EXERCISE OBJECTIVE: Once you have read the listing below, write all of it out again exactly.

LISTED ENTRIES:
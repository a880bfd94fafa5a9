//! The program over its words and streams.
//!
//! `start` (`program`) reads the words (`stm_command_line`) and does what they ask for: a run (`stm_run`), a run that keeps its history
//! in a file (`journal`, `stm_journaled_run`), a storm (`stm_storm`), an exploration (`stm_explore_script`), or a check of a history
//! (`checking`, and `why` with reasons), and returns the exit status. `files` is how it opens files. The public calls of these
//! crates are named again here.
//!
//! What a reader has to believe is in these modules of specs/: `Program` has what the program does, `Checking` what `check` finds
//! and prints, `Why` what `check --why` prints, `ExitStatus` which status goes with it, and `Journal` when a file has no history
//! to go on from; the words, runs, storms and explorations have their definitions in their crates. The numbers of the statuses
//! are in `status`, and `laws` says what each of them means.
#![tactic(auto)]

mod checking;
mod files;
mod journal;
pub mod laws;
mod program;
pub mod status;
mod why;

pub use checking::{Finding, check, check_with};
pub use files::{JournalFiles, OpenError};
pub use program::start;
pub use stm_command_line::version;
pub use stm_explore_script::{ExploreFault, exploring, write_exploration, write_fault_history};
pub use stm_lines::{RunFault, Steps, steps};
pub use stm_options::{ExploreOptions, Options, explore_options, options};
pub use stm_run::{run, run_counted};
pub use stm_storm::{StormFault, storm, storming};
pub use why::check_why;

ANSWER SPACE:
repository a880bfd94fafa5a9
//! The program over its words and streams.
//!
//! `start` (`program`) reads the words (`stm_command_line`) and does what they ask for: a run (`stm_run`), a run that keeps its history
//! in a file (`journal`, `stm_journaled_run`), a storm (`stm_storm`), an exploration (`stm_explore_script`), or a check of a history
//! (`checking`, and `why` with reasons), and returns the exit status. `files` is how it opens files. The public calls of these
//! crates are named again here.
//!
//! What a reader has to believe is in these modules of specs/: `Program` has what the program does, `Checking` what `check` finds
//! and prints, `Why` what `check --why` prints, `ExitStatus` which status goes with it, and `Journal` when a file has no history
//! to go on from; the words, runs, storms and explorations have their definitions in their crates. The numbers of the statuses
//! are in `status`, and `laws` says what each of them means.
#![tactic(auto)]

mod checking;
mod files;
mod journal;
pub mod laws;
mod program;
pub mod status;
mod why;

pub use checking::{Finding, check, check_with};
pub use files::{JournalFiles, OpenError};
pub use program::start;
pub use stm_command_line::version;
pub use stm_explore_script::{ExploreFault, exploring, write_exploration, write_fault_history};
pub use stm_lines::{RunFault, Steps, steps};
pub use stm_options::{ExploreOptions, Options, explore_options, options};
pub use stm_run::{run, run_counted};
pub use stm_storm::{StormFault, storm, storming};
pub use why::check_why;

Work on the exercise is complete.